Se il fatto che una fetta rilevante delle classi lavoratrici delle periferie abbia deciso di non votare più a destra è indubbiamente positivo, bisogna sottolineare che questo dato non si è tradotto, ad esempio, in un aumento di voti per la sinistra “radicale:” La riconferma al primo turno di Beppe Sala ha messo in ombra i risultati degli altri candidati sindaco che hanno affollato questa campagna elettorale a Milano — complessivamente 13 per 28 liste. Spicca il flop di Gianluigi Paragone, fermo poco sotto al 3%, ma anche a sinistra di Sala le cose non vanno tanto bene: nessuna lista alla sinistra del sindaco entrerà in consiglio comunale — quella del candidato Gabriele Mariani, Milano in Comune, ha preso meno del 2%. Ancora peggio Potere al Popolo, che al momento in cui scriviamo potrebbe fermarsi sotto l’1% — Pap è andato malissimo anche a Bologna, dove si attesta intorno al 3%. Solo a Roma il Pci di Marco Rizzo ha festeggiato il 6% preso nel collegio di Primavalle alle suppletive.

Di fronte a un governo che fa gli interessi dei ricchi e che viene presentato come l’unico possibile, i poveri hanno deciso di conseguenza di non andare a votare.
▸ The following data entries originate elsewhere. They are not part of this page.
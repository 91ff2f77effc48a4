//! The file of a cluster that anyone may have: its configuration and the public keys of its replicas, as TOML. An auditor reads it, and
//! needs no secret.
//!
//! [`text_of`] writes a [`PublicCluster`](cluster_setup::PublicCluster), [`read`] reads one, and says what is wrong with a text that describes none. `docs/FORMATS.md`,
//! "A cluster's file", has the format.
#![tactic(auto)]

mod fault;
mod key_reading;
pub mod laws;
mod reading;
mod table_reading;
#[cfg(test)]
mod tests;
mod writing;

pub use fault::ClusterFileFault;
pub use reading::read;
pub use writing::text_of;
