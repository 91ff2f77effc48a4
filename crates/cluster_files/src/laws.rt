//! A law of the files of clusters, proved from the definitions alone.
ghost use Rattle.cluster_files.specs.Laws.{DescribesOne};

/// A text describes at most one cluster.
pub fn describes_one()
    ensures { DescribesOne }
{}
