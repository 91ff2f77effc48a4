//! A value that reports contain, and the replicas whose reports contain it.
ghost use Rattle.std.specs.Prelude.{◌≡◌};
ghost use Rattle.std.specs.List.{list_any};
ghost use Rattle.ledger_model.specs.Values.{same_value};
ghost use Rattle.tally.specs.ReportMasks.{marked_by};

use crate::masks::with_bit;
use ledger_model::{Batch, ReplicaId, SignedReport};

/// The replicas whose reports contain a value, as masks: bit r is one exactly where the report of replica r contains it.
#[derive(Clone, Copy)]
pub struct ValueMasks {
    /// It is the initial value.
    pub initial: u16,
    /// It is listed as proper.
    pub proper: u16,
    /// It has a lock.
    pub locked: u16,
}

/// A value that reports contain, by where it was found first. Nothing is copied.
#[derive(Clone, Copy)]
pub struct ReportedValue {
    /// The signer of the report.
    pub signer: ReplicaId,
    /// The index among the values within that report: its initial value, the proper ones, and those with locks.
    pub index: usize,
    pub masks: ValueMasks,
}

/// Whether the value is one of these.
fn is_among(values: &[Batch], value: &Batch) -> bool
    ensures { result ≡ list_any (same_value value.now) values.now }
{
    values.iter().any(|listed| value == listed)
}

impl ValueMasks {
    /// No report contains the value.
    pub(crate) const NONE: ValueMasks = ValueMasks {
        initial: 0,
        proper: 0,
        locked: 0,
    };

    /// The masks, with a report, whose replica has this bit.
    pub(crate) fn marked_by(self, signed: &SignedReport, bit: u16, value: &Batch) -> Self
        ensures { result ≡ marked_by signed.now bit value.now self }
    {
        let report = &signed.report;
        ValueMasks {
            initial: with_bit(self.initial, *value == report.initial, bit),
            proper: with_bit(self.proper, is_among(report.proper.as_slice(), value), bit),
            locked: with_bit(self.locked, is_among(report.locked.as_slice(), value), bit),
        }
    }
}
Il fatto che il Pd esulti però testimonia solo la distanza drammatica che lo separa dalla “pancia del paese,” e fa riflettere sul fatto che — nonostante a una prima occhiata possa sembrare che sia diminuita la percentuale di elettori di destra — in realtà il 50% di chi non è andato a votare è orfano di una proposta politica che tuteli gli interessi delle classi meno abbienti, dimenticate dal governo dei “migliori.” E questa proposta dev’essere in qualche modo diversa da quelle già esistenti, che non riescono in alcun modo a proporsi come tutele credibili degli interessi dei lavoratori.